*** Records for processing Section Begins ***

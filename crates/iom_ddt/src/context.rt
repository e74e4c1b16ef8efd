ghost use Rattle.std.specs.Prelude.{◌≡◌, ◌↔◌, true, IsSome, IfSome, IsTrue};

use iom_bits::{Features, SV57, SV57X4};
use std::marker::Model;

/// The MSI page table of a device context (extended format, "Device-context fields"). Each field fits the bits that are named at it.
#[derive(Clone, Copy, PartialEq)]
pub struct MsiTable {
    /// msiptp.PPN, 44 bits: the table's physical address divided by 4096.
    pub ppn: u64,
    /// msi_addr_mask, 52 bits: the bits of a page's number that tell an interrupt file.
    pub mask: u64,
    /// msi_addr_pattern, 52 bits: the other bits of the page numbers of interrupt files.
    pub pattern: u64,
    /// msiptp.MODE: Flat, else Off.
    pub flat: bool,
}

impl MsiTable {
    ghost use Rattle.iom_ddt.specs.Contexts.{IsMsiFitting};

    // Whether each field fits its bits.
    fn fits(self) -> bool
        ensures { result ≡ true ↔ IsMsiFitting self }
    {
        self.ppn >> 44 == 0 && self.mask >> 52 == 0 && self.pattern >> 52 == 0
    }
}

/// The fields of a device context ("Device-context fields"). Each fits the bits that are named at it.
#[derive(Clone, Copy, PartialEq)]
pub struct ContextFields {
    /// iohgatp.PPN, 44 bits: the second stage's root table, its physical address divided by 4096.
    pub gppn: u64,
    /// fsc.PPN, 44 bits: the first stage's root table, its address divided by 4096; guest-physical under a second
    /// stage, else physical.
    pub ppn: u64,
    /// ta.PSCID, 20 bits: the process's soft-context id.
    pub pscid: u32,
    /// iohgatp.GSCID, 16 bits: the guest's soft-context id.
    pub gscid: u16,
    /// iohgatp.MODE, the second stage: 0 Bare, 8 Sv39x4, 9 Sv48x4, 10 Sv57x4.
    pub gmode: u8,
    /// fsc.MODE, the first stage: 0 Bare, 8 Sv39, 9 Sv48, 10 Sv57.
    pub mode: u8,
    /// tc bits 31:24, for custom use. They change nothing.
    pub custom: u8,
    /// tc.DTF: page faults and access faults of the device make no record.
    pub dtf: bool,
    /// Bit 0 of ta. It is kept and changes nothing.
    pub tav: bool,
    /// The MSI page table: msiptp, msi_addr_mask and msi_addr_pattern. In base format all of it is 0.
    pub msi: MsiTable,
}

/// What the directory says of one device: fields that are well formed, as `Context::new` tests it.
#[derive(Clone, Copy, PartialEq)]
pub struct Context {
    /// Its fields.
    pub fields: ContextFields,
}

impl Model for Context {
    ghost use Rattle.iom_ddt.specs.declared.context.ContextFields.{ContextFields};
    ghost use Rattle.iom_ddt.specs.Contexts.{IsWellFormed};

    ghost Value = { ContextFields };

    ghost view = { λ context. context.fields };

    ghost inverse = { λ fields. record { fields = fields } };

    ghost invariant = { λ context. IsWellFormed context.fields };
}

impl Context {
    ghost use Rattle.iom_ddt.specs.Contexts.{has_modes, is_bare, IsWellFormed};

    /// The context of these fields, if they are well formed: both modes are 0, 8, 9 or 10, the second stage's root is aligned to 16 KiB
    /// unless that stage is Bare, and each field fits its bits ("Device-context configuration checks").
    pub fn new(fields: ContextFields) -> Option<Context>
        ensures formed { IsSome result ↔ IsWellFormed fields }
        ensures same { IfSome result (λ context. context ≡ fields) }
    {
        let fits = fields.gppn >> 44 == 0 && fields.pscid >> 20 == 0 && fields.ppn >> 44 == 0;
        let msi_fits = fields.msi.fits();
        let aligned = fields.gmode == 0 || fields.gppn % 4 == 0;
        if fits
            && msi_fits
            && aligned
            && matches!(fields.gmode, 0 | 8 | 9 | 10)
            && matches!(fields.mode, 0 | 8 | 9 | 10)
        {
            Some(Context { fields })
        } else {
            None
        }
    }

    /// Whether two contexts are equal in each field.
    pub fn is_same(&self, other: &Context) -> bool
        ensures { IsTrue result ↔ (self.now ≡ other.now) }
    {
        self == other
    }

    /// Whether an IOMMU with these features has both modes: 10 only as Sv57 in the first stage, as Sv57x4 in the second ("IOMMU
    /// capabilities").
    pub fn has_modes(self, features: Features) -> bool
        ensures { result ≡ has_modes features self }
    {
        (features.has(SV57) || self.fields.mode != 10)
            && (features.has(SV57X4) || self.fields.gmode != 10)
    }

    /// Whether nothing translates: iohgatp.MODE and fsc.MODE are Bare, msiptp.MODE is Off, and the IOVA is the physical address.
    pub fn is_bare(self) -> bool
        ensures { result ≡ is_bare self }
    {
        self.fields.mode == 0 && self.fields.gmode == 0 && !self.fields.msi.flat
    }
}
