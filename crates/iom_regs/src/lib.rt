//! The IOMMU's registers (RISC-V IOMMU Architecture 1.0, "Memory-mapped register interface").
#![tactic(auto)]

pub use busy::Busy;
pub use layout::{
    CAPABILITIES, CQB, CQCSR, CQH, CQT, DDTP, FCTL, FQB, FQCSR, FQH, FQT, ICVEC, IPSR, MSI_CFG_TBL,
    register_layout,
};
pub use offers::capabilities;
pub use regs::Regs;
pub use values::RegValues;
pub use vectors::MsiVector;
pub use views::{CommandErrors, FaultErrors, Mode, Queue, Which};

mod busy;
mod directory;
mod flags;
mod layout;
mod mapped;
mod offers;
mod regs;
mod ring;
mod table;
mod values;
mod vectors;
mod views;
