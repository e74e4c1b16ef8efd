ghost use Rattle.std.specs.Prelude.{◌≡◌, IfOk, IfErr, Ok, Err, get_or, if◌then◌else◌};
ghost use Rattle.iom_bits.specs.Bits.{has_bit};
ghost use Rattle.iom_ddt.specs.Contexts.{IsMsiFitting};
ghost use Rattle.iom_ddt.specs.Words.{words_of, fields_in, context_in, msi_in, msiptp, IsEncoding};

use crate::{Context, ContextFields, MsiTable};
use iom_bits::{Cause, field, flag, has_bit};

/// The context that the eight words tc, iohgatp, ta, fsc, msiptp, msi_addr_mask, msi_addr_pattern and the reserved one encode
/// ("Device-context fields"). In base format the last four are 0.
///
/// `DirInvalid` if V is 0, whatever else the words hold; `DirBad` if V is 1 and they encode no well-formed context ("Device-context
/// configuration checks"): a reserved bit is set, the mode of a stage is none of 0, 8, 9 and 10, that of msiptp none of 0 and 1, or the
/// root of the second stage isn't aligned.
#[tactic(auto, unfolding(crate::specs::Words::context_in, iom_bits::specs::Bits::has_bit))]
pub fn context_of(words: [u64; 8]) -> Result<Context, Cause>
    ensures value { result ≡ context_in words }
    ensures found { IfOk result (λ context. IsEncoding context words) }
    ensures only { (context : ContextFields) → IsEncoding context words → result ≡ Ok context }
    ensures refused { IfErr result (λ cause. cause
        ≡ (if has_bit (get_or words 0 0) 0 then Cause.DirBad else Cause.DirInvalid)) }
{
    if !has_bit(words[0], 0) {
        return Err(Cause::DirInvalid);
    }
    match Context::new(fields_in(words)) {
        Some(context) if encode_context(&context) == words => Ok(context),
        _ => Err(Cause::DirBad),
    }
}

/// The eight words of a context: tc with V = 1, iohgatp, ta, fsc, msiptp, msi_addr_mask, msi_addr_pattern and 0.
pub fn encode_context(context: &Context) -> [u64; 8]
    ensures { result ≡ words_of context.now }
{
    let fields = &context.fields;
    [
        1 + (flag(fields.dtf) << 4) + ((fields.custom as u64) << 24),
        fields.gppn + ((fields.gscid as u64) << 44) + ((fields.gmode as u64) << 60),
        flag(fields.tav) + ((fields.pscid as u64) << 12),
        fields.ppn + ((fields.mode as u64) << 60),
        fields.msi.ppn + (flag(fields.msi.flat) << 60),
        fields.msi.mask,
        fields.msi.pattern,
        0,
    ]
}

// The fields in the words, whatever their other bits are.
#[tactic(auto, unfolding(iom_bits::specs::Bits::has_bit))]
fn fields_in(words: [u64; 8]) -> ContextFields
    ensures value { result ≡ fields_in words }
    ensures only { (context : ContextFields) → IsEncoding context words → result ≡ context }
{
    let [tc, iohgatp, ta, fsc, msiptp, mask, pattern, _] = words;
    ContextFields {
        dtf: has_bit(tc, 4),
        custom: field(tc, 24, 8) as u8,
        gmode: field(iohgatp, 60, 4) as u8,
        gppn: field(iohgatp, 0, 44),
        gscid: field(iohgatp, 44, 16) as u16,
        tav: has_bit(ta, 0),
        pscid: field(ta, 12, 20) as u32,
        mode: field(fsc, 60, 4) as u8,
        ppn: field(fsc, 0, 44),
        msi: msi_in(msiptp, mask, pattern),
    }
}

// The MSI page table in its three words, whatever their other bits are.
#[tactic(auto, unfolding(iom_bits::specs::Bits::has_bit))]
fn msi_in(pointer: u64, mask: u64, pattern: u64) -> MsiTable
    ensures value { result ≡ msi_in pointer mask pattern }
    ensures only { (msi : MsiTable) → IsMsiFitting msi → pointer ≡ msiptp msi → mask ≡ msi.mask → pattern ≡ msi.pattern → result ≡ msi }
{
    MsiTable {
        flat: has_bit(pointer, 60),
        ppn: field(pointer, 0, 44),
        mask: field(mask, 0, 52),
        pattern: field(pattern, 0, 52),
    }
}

*** Records for processing Section Ends ***

> _Task objective_:
Count the lines of the records that contain the word "their". Give only the count.

> _Problem solution_:
2